**EXTRACTED INFORMATION**
_ _ _
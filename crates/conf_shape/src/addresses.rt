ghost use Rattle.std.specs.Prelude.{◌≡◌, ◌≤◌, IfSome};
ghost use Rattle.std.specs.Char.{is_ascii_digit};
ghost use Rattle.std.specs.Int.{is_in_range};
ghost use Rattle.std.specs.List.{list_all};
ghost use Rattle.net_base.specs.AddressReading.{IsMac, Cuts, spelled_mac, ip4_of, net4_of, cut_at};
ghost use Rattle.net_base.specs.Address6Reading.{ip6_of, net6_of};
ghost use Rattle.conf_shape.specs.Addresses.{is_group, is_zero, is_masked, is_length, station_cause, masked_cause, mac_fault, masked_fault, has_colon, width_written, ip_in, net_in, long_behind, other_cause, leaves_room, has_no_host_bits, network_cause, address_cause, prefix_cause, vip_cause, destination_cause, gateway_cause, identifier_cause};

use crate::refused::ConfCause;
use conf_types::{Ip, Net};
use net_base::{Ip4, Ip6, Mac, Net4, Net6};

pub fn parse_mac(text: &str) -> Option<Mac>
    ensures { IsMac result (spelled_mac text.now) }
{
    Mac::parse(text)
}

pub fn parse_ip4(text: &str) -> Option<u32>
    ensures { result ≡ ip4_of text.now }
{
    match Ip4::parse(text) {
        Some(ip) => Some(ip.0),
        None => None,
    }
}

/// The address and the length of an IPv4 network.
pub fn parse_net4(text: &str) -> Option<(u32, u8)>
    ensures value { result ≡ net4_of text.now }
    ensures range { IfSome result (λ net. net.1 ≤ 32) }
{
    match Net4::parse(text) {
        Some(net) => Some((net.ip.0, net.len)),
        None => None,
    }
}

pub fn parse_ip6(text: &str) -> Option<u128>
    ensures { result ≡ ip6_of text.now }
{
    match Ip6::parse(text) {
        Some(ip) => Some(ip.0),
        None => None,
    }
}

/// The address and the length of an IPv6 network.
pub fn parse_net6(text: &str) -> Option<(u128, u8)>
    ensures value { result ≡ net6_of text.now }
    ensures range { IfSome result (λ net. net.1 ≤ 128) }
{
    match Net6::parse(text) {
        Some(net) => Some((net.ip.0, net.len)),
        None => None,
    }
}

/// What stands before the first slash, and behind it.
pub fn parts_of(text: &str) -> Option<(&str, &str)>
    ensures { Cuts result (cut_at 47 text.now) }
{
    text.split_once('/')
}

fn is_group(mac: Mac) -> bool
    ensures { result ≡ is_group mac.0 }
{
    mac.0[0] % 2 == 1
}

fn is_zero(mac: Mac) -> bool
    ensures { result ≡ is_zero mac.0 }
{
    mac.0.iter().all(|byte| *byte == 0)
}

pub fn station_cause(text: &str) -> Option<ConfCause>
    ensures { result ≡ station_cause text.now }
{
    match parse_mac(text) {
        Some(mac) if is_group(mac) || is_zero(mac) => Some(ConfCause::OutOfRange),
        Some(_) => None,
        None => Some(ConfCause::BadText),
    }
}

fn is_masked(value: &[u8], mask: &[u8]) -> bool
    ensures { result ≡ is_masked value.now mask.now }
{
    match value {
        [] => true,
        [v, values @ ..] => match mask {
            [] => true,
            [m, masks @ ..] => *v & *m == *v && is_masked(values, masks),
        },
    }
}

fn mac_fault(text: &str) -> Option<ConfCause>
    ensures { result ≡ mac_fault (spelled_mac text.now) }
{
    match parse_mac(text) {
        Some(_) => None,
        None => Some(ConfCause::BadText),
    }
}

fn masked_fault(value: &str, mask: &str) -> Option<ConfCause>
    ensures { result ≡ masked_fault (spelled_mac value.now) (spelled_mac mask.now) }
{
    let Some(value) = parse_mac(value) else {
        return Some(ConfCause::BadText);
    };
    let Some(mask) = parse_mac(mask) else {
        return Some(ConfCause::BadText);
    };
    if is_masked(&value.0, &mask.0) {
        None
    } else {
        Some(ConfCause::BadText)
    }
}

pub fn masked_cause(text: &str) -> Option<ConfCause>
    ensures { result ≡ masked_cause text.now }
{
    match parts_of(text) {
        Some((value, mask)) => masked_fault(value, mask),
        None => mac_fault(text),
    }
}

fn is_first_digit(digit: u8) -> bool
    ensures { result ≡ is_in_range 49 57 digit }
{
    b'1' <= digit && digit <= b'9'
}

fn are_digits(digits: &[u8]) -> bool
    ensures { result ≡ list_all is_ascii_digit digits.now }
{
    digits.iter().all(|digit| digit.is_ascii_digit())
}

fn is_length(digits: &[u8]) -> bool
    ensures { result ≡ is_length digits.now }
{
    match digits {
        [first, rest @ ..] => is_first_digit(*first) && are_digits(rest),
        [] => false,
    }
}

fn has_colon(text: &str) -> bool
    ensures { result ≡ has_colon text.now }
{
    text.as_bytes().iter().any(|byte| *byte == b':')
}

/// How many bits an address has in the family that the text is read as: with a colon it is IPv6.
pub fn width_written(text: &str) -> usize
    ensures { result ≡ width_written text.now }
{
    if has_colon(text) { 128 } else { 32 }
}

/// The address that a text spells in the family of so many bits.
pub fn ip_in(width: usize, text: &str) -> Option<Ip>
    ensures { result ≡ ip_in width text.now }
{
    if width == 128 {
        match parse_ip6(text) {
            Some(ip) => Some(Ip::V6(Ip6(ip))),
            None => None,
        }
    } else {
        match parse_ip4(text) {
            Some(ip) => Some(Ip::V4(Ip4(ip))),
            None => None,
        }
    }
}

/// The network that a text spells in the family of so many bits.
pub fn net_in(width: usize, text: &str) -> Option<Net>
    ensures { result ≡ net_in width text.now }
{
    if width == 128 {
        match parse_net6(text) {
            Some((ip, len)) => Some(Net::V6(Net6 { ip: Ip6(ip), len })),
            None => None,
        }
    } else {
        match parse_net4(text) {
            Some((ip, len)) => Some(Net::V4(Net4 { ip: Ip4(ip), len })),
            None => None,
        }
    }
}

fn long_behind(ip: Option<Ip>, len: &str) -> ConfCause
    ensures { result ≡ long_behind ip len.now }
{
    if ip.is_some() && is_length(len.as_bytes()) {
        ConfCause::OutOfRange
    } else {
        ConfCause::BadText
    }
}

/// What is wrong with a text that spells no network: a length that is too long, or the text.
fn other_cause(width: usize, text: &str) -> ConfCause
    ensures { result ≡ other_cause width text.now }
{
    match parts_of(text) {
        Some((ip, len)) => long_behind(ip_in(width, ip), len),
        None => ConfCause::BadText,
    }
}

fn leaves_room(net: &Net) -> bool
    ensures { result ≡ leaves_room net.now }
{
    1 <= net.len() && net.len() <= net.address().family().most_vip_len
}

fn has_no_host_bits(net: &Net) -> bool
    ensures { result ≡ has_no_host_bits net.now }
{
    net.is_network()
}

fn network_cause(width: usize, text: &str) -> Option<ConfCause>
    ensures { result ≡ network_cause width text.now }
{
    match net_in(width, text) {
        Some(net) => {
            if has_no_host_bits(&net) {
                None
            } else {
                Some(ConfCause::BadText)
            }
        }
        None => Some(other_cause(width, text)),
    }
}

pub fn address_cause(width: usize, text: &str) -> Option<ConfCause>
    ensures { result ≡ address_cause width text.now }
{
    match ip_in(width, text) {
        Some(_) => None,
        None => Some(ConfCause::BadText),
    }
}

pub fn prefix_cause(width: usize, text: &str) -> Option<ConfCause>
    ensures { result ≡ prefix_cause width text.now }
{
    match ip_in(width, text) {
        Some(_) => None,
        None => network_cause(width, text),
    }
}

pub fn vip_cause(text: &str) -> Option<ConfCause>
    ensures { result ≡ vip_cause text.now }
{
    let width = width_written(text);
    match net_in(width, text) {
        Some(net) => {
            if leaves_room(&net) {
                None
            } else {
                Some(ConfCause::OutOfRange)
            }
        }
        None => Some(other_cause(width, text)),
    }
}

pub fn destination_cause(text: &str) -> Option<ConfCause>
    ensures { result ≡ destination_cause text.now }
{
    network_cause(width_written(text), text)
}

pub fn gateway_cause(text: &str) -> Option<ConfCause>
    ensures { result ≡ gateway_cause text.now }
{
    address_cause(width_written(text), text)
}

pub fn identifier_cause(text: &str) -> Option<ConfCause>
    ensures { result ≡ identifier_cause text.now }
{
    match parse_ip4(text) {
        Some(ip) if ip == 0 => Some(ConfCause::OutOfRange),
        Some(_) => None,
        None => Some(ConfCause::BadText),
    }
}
_ _ _
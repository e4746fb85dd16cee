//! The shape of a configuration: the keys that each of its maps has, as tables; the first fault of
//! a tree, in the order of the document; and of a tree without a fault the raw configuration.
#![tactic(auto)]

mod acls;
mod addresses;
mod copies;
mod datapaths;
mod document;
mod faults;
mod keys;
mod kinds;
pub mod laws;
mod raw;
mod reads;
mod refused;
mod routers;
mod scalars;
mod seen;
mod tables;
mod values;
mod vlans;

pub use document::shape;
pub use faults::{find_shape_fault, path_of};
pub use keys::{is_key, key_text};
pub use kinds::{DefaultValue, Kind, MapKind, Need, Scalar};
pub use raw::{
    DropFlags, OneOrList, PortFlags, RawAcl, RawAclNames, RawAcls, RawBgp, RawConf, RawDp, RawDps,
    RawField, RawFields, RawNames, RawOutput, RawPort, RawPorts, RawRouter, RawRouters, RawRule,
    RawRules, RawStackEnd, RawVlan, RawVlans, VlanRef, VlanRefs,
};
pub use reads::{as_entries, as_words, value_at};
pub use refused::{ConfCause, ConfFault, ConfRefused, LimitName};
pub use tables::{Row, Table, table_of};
_ _ _
**PROBLEM**
Above are the entries. Quote exactly the lines from the one bearing "or the text." through the one bearing "fn network_cause(width: usize, text: &str)".

**SOLVED PROBLEM**
/// What is wrong with a text that spells no network: a length that is too long, or the text.
fn other_cause(width: usize, text: &str) -> ConfCause
    ensures { result ≡ other_cause width text.now }
{
    match parts_of(text) {
        Some((ip, len)) => long_behind(ip_in(width, ip), len),
        None => ConfCause::BadText,
    }
}

fn leaves_room(net: &Net) -> bool
    ensures { result ≡ leaves_room net.now }
{
    1 <= net.len() && net.len() <= net.address().family().most_vip_len
}

fn has_no_host_bits(net: &Net) -> bool
    ensures { result ≡ has_no_host_bits net.now }
{
    net.is_network()
}

fn network_cause(width: usize, text: &str) -> Option<ConfCause>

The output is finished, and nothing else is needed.